-- Records for processing follows --

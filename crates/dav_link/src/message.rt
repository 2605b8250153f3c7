ghost use Rattle.std.specs.Prelude.{ℕ, ◌≡◌, IfNone, IfOk, IfSome, IsTrue, ◌↔◌};
ghost use Rattle.dav_link.specs.Awaiting.{MessageNow, IsReadAsItComes};

use std::alloc::{AllocError, Global};

/// A message that is read of a link: how many of its bytes are missing, and whether they are too few to
/// say what it is.
pub trait Message {
    /// How it is read in the bytes that came so far.
    ghost reads: { Self → MessageNow };

    /// How many bytes are missing, as soon as the head tells; 0 if none is. None if the head isn't whole,
    /// or is refused.
    fn missing(&self, bytes: &[u8]) -> Option<u64>
        ensures some { IfSome result ((reads self.now).misses bytes.now) }
        ensures none { IfNone result ((count : ℕ) → ¬ ((reads self.now).misses bytes.now count)) };

    /// Whether the bytes are too few.
    fn is_more(&self, alloc: Global, bytes: &[u8]) -> Result<bool, AllocError>
        ensures { IfOk result (λ is. IsTrue is ↔ (reads self.now).more bytes.now) };

    /// The most bytes that are waited for once the head tells.
    fn limit(&self) -> u64
        ensures { result ≡ (reads self.now).limit };

    ghost laws: { (m : Self) → IsReadAsItComes (reads m) };
}
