ghost use Rattle.jop_outside.specs.Writing.{WritesAll};
ghost use Rattle.dav_link.specs.Links.{WritesAlone, sink_of};

use crate::link::Link;
use jop_outside::Failed;

/// Writes all of these bytes. After `Failed` a prefix of them was written.
pub fn write_message<L: Link>(link: &mut L, bytes: &[u8]) -> Result<(), Failed>
    ensures written { WritesAll (sink_of (L.state link.old)) bytes.now result (sink_of (L.state link.new)) }
    ensures alone { WritesAlone (L.state link.old) (L.state link.new) }
{
    let mut rest = bytes;
    while !rest.is_empty() {
        let count = link.write(rest)?;
        let (_, left) = rest.split_at(count);
        rest = left;
    }
    Ok(())
}
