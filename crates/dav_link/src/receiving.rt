ghost use Rattle.dav_link.specs.Receiving.{ReadsMore};

use crate::error::LinkErr;
use crate::link::Link;
use jop_base::Bytes;

/// How many bytes are asked for at once.
const PIECE: usize = 65_536;

/// Reads until at least so many bytes more are kept: whether they came before the link's end.
/// `Fault` if the link failed. `NoMemory` if the bytes couldn't be kept.
pub fn read_on<L: Link>(link: &mut L, kept: &mut Bytes, count: u64) -> Result<bool, LinkErr>
    ensures { ReadsMore (L.state link.old) kept.old count result (L.state link.new) kept.new }
{
    let mut piece = [0; PIECE];
    let mut missing = count;
    while missing > 0 {
        let taken = link.read(&mut piece)?;
        if taken == 0 {
            return Ok(false);
        }
        kept.append(&piece[..taken])?;
        missing = missing.saturating_sub(taken as u64);
    }
    Ok(true)
}
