ghost use Rattle.std.specs.Prelude.{◌≡◌, ◌<◌, ◌≤◌, IfOk, length};
ghost use Rattle.jop_outside.specs.Outside.{HasCause, Reads, Writes, risen};
ghost use Rattle.dav_link.specs.Links.{LinkNow, ReadsAlone, WritesAlone, OpensAlone};

use jop_outside::Failed;

/// A connection to another program, which is opened, and then read and written.
pub trait Link: Drop {
    /// What is left to read of it and what was written to it, how often it was opened, and how
    /// often it has failed.
    ghost state: { Self → LinkNow };

    /// Opens it, also if it was open: anew then. What is left and what was written stay.
    fn open(&mut self) -> Result<(), Failed>
        ensures alone { OpensAlone (state self.old) (state self.new) }
        ensures opened { (state self.new).opened ≡ risen (state self.old).opened }
        ensures cause { HasCause (state self.old).faults result (state self.new).faults };

    /// Puts a piece of what is left at the start of this slice, and answers how long that piece is.
    /// Into a slice that isn't empty 0 means the end. After `Failed` nothing was read, and the
    /// slice may hold anything.
    fn read(&mut self, into: &mut [u8]) -> Result<usize, Failed>
        ensures within { IfOk result (λ count. count ≤ length into.old) }
        ensures length { length into.new ≡ length into.old }
        ensures read { Reads (state self.old).left result into.new (state self.new).left }
        ensures alone { ReadsAlone (state self.old) (state self.new) }
        ensures cause { HasCause (state self.old).faults result (state self.new).faults };

    /// Takes a piece from the start of these bytes, and answers how long that piece is: at least
    /// one byte if there is one. After `Failed` nothing of them counts as written.
    fn write(&mut self, from: &[u8]) -> Result<usize, Failed>
        ensures within { IfOk result (λ count. count ≤ length from.now) }
        ensures progress { IfOk result (λ count. 0 < length from.now → 0 < count) }
        ensures written { Writes (state self.old).written from.now result (state self.new).written }
        ensures alone { WritesAlone (state self.old) (state self.new) }
        ensures cause { HasCause (state self.old).faults result (state self.new).faults };
}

-- Records for processing concluded --

- Try it:
Check each line above for the word "missing", and copy the lines where it appears.

- Response to the exercise:
/// A message that is read of a link: how many of its bytes are missing, and whether they are too few to
    /// How many bytes are missing, as soon as the head tells; 0 if none is. None if the head isn't whole,
    fn missing(&self, bytes: &[u8]) -> Option<u64>
    let mut missing = count;
    while missing > 0 {
        missing = missing.saturating_sub(taken as u64);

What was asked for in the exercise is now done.